▸ Material shown:
// Why a line is refused, and which line it is.
#![tactic(auto)]

ghost use Rattle.std.specs.Prelude.{◌≤◌, length};
ghost use Rattle.grammar.specs.Texts.{part_of};
ghost use Rattle.tokens.specs.Shown.{part};
ghost use Rattle.tables.specs.Tables.{table, Chained, Headed};
ghost use Rattle.texts.specs.Reads.{Within};
ghost use Rattle.outside.specs.Reasons.{Fits, left};
ghost use Rattle.reasons.specs.UsedNames.{most_text, Held, Steps};

use grammar::{Kept, LINE_END, Line, Refusal, Text};
use kept::kept;
use outside::{Reason, names_reason, script_reason};
use phrases::start_of;
use tables::{MOST_NAMES, NO_ENTRY, look};
use texts::read_texts;
use tokens::{Token, next_token};

// The next token of a line: none, a name that is not given, or another, with the place after it. Three ways, so neither an Option
// nor a Result.
#[derive(Clone, Copy)]
enum Step {
    Ends,
    Missing(usize, usize),
    Past(usize),
}

// The number of the line that begins at a place of a text, counted from 1.
pub fn line_number(text: &[u8], from: usize) -> usize
    requires { (from ≤ length text.now) × (length text.now ≤ most_text) }
{
    1 + text[..from].iter().filter(|b| **b == LINE_END).count()
}

// The token of a line that stands next: whether it is a name that is not given.
fn missing_step<'a>(
    names: &'a [u8],
    script: &'a [u8],
    split: usize,
    filled: usize,
    froms: &[usize; MOST_NAMES],
    counts: &[usize; MOST_NAMES],
    values: &[u32; MOST_NAMES],
    nexts: &[u16; MOST_NAMES],
    heads: &[u16; MOST_NAMES],
    line: &[u8],
    at: usize,
) -> Step
    requires chained { Chained (table names.now script.now split froms.now counts.now values.now nexts.now) filled }
    requires headed { Headed (table names.now script.now split froms.now counts.now values.now nexts.now) filled heads.now }
    ensures { Steps line.now (left line.now at) result }
{
    match next_token(line, at) {
        Token::End => Step::Ends,
        Token::Number(_, to) | Token::Mark(_, to) | Token::Stray(to) => Step::Past(to),
        Token::Word(from, to) => {
            let word = &line[from..to];
            let Kept::Free = kept(word) else {
                return Step::Past(to);
            };
            let None = look(
                names, script, split, filled, froms, counts, values, nexts, heads, word,
            ) else {
                return Step::Past(to);
            };
            Step::Missing(from, to)
        }
    }
}

// The first name of a line from a place on that is not given: its first byte and the place after it.
fn missing_from<'a>(
    names: &'a [u8],
    script: &'a [u8],
    split: usize,
    filled: usize,
    froms: &[usize; MOST_NAMES],
    counts: &[usize; MOST_NAMES],
    values: &[u32; MOST_NAMES],
    nexts: &[u16; MOST_NAMES],
    heads: &[u16; MOST_NAMES],
    line: &[u8],
    at: usize,
) -> Option<(usize, usize)>
    requires chained { Chained (table names.now script.now split froms.now counts.now values.now nexts.now) filled }
    requires headed { Headed (table names.now script.now split froms.now counts.now values.now nexts.now) filled heads.now }
    ensures { Held line.now result }
{
    let mut k = at;
    loop {
        match missing_step(
            names, script, split, filled, froms, counts, values, nexts, heads, line, k,
        ) {
            Step::Ends => return None,
            Step::Missing(from, to) => return Some((from, to)),
            Step::Past(to) => k = to,
        }
    }
}

// The first name of a line from a place on that two texts do not give.
fn missing_word<'a>(
    names: &'a [u8],
    script: &'a [u8],
    line: &[u8],
    at: usize,
) -> Option<(usize, usize)>
    ensures { Held line.now result }
{
    let mut froms: [usize; MOST_NAMES] = [0; MOST_NAMES];
    let mut counts: [usize; MOST_NAMES] = [0; MOST_NAMES];
    let mut values: [u32; MOST_NAMES] = [0; MOST_NAMES];
    let mut nexts: [u16; MOST_NAMES] = [NO_ENTRY; MOST_NAMES];
    let mut heads: [u16; MOST_NAMES] = [NO_ENTRY; MOST_NAMES];
    let past = read_texts(
        names,
        script,
        &mut froms,
        &mut counts,
        &mut values,
        &mut nexts,
        &mut heads,
    );
    let split = past.split;
    let filled = past.filled;
    missing_from(
        names, script, split, filled, &froms, &counts, &values, &nexts, &heads, line, at,
    )
}

// The reason of a line that uses a name, from a place on, which two texts do not give.
fn use_reason<'a>(names: &'a [u8], script: &'a [u8], line: &[u8], at: usize) -> Reason
    ensures { Fits line.now result }
{
    match missing_word(names, script, line, at) {
        Some((from, to)) => Reason::NotGiven(from, to),
        None => Reason::Other,
    }
}

// Whether two texts give a word.
fn gives<'a>(names: &'a [u8], script: &'a [u8], word: &[u8]) -> bool {
    missing_word(names, script, word, 0).is_none()
}

// The reason of a line of the names that gives a name again or uses one that is not given above.
fn name_reason<'a>(above: &'a [u8], script: &'a [u8], line: &[u8]) -> Reason
    ensures { Fits line.now result }
{
    let Token::Word(from, to) = next_token(line, 0) else {
        return Reason::Other;
    };
    if gives(above, script, &line[from..to]) {
        return Reason::GivenTwice(from, to);
    }
    use_reason(above, script, line, to)
}

// The reason of a line of the script that gives a label again or uses a name that is not given.
fn label_reason<'a>(names: &'a [u8], script: &'a [u8], above: &'a [u8], line: &[u8]) -> Reason
    ensures { Fits line.now result }
{
    let start = start_of(line);
    let label = start.label;
    let Some((from, to)) = label else {
        return use_reason(names, script, line, 0);
    };
    if gives(names, above, &line[from..to]) {
        return Reason::GivenTwice(from, to);
    }
    use_reason(names, script, line, to)
}

// Why a line of the names is refused.
fn reason_in_names<'a>(
    names: &'a [u8],
    script: &'a [u8],
    r: Refusal,
    from: usize,
    to: usize,
) -> Reason
    requires { (from ≤ to) × (to ≤ length names.now) }
    ensures { Fits (part names.now from to) result }
{
    let line = &names[from..to];
    match r {
        Refusal::OutsideGrammar => names_reason(line),
        Refusal::NameFault => name_reason(&names[..from], &script[0..0], line),
        Refusal::OutOfRange => Reason::OutOfRange,
        Refusal::NoRoom => Reason::NoRoom,
    }
}

// Why a line of the script is refused.
fn reason_in_script<'a>(
    names: &'a [u8],
    script: &'a [u8],
    r: Refusal,
    from: usize,
    to: usize,
) -> Reason
    requires { (from ≤ to) × (to ≤ length script.now) }
    ensures { Fits (part script.now from to) result }
{
    let line = &script[from..to];
    match r {
        Refusal::OutsideGrammar => script_reason(line),
        Refusal::NameFault => label_reason(names, script, &script[..from], line),
        Refusal::OutOfRange => Reason::OutOfRange,
        Refusal::NoRoom => Reason::NoRoom,
    }
}

// Why a line is refused.
pub fn reason<'a>(names: &'a [u8], script: &'a [u8], r: Refusal, line: Line) -> Reason
    requires { Within names.now script.now line }
    ensures { Fits (part_of line names.now script.now) result }
{
    let text = line.text;
    let from = line.from;
    let to = line.from + line.count;
    match text {
        Text::Names => reason_in_names(names, script, r, from, to),
        Text::Script => reason_in_script(names, script, r, from, to),
    }
}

▸ Task prompt: An exact copy of every record above is required.

▸ The answer:
// Why a line is refused, and which line it is.
#![tactic(auto)]

ghost use Rattle.std.specs.Prelude.{◌≤◌, length};
ghost use Rattle.grammar.specs.Texts.{part_of};
ghost use Rattle.tokens.specs.Shown.{part};
ghost use Rattle.tables.specs.Tables.{table, Chained, Headed};
ghost use Rattle.texts.specs.Reads.{Within};
ghost use Rattle.outside.specs.Reasons.{Fits, left};
ghost use Rattle.reasons.specs.UsedNames.{most_text, Held, Steps};

use grammar::{Kept, LINE_END, Line, Refusal, Text};
use kept::kept;
use outside::{Reason, names_reason, script_reason};
use phrases::start_of;
use tables::{MOST_NAMES, NO_ENTRY, look};
use texts::read_texts;
use tokens::{Token, next_token};

// The next token of a line: none, a name that is not given, or another, with the place after it. Three ways, so neither an Option
// nor a Result.
#[derive(Clone, Copy)]
enum Step {
    Ends,
    Missing(usize, usize),
    Past(usize),
}

// The number of the line that begins at a place of a text, counted from 1.
pub fn line_number(text: &[u8], from: usize) -> usize
    requires { (from ≤ length text.now) × (length text.now ≤ most_text) }
{
    1 + text[..from].iter().filter(|b| **b == LINE_END).count()
}

// The token of a line that stands next: whether it is a name that is not given.
fn missing_step<'a>(
    names: &'a [u8],
    script: &'a [u8],
    split: usize,
    filled: usize,
    froms: &[usize; MOST_NAMES],
    counts: &[usize; MOST_NAMES],
    values: &[u32; MOST_NAMES],
    nexts: &[u16; MOST_NAMES],
    heads: &[u16; MOST_NAMES],
    line: &[u8],
    at: usize,
) -> Step
    requires chained { Chained (table names.now script.now split froms.now counts.now values.now nexts.now) filled }
    requires headed { Headed (table names.now script.now split froms.now counts.now values.now nexts.now) filled heads.now }
    ensures { Steps line.now (left line.now at) result }
{
    match next_token(line, at) {
        Token::End => Step::Ends,
        Token::Number(_, to) | Token::Mark(_, to) | Token::Stray(to) => Step::Past(to),
        Token::Word(from, to) => {
            let word = &line[from..to];
            let Kept::Free = kept(word) else {
                return Step::Past(to);
            };
            let None = look(
                names, script, split, filled, froms, counts, values, nexts, heads, word,
            ) else {
                return Step::Past(to);
            };
            Step::Missing(from, to)
        }
    }
}

// The first name of a line from a place on that is not given: its first byte and the place after it.
fn missing_from<'a>(
    names: &'a [u8],
    script: &'a [u8],
    split: usize,
    filled: usize,
    froms: &[usize; MOST_NAMES],
    counts: &[usize; MOST_NAMES],
    values: &[u32; MOST_NAMES],
    nexts: &[u16; MOST_NAMES],
    heads: &[u16; MOST_NAMES],
    line: &[u8],
    at: usize,
) -> Option<(usize, usize)>
    requires chained { Chained (table names.now script.now split froms.now counts.now values.now nexts.now) filled }
    requires headed { Headed (table names.now script.now split froms.now counts.now values.now nexts.now) filled heads.now }
    ensures { Held line.now result }
{
    let mut k = at;
    loop {
        match missing_step(
            names, script, split, filled, froms, counts, values, nexts, heads, line, k,
        ) {
            Step::Ends => return None,
            Step::Missing(from, to) => return Some((from, to)),
            Step::Past(to) => k = to,
        }
    }
}

// The first name of a line from a place on that two texts do not give.
fn missing_word<'a>(
    names: &'a [u8],
    script: &'a [u8],
    line: &[u8],
    at: usize,
) -> Option<(usize, usize)>
    ensures { Held line.now result }
{
    let mut froms: [usize; MOST_NAMES] = [0; MOST_NAMES];
    let mut counts: [usize; MOST_NAMES] = [0; MOST_NAMES];
    let mut values: [u32; MOST_NAMES] = [0; MOST_NAMES];
    let mut nexts: [u16; MOST_NAMES] = [NO_ENTRY; MOST_NAMES];
    let mut heads: [u16; MOST_NAMES] = [NO_ENTRY; MOST_NAMES];
    let past = read_texts(
        names,
        script,
        &mut froms,
        &mut counts,
        &mut values,
        &mut nexts,
        &mut heads,
    );
    let split = past.split;
    let filled = past.filled;
    missing_from(
        names, script, split, filled, &froms, &counts, &values, &nexts, &heads, line, at,
    )
}

// The reason of a line that uses a name, from a place on, which two texts do not give.
fn use_reason<'a>(names: &'a [u8], script: &'a [u8], line: &[u8], at: usize) -> Reason
    ensures { Fits line.now result }
{
    match missing_word(names, script, line, at) {
        Some((from, to)) => Reason::NotGiven(from, to),
        None => Reason::Other,
    }
}

// Whether two texts give a word.
fn gives<'a>(names: &'a [u8], script: &'a [u8], word: &[u8]) -> bool {
    missing_word(names, script, word, 0).is_none()
}

// The reason of a line of the names that gives a name again or uses one that is not given above.
fn name_reason<'a>(above: &'a [u8], script: &'a [u8], line: &[u8]) -> Reason
    ensures { Fits line.now result }
{
    let Token::Word(from, to) = next_token(line, 0) else {
        return Reason::Other;
    };
    if gives(above, script, &line[from..to]) {
        return Reason::GivenTwice(from, to);
    }
    use_reason(above, script, line, to)
}

// The reason of a line of the script that gives a label again or uses a name that is not given.
fn label_reason<'a>(names: &'a [u8], script: &'a [u8], above: &'a [u8], line: &[u8]) -> Reason
    ensures { Fits line.now result }
{
    let start = start_of(line);
    let label = start.label;
    let Some((from, to)) = label else {
        return use_reason(names, script, line, 0);
    };
    if gives(names, above, &line[from..to]) {
        return Reason::GivenTwice(from, to);
    }
    use_reason(names, script, line, to)
}

// Why a line of the names is refused.
fn reason_in_names<'a>(
    names: &'a [u8],
    script: &'a [u8],
    r: Refusal,
    from: usize,
    to: usize,
) -> Reason
    requires { (from ≤ to) × (to ≤ length names.now) }
    ensures { Fits (part names.now from to) result }
{
    let line = &names[from..to];
    match r {
        Refusal::OutsideGrammar => names_reason(line),
        Refusal::NameFault => name_reason(&names[..from], &script[0..0], line),
        Refusal::OutOfRange => Reason::OutOfRange,
        Refusal::NoRoom => Reason::NoRoom,
    }
}

// Why a line of the script is refused.
fn reason_in_script<'a>(
    names: &'a [u8],
    script: &'a [u8],
    r: Refusal,
    from: usize,
    to: usize,
) -> Reason
    requires { (from ≤ to) × (to ≤ length script.now) }
    ensures { Fits (part script.now from to) result }
{
    let line = &script[from..to];
    match r {
        Refusal::OutsideGrammar => script_reason(line),
        Refusal::NameFault => label_reason(names, script, &script[..from], line),
        Refusal::OutOfRange => Reason::OutOfRange,
        Refusal::NoRoom => Reason::NoRoom,
    }
}

// Why a line is refused.
pub fn reason<'a>(names: &'a [u8], script: &'a [u8], r: Refusal, line: Line) -> Reason
    requires { Within names.now script.now line }
    ensures { Fits (part_of line names.now script.now) result }
{
    let text = line.text;
    let from = line.from;
    let to = line.from + line.count;
    match text {
        Text::Names => reason_in_names(names, script, r, from, to),
        Text::Script => reason_in_script(names, script, r, from, to),
    }
}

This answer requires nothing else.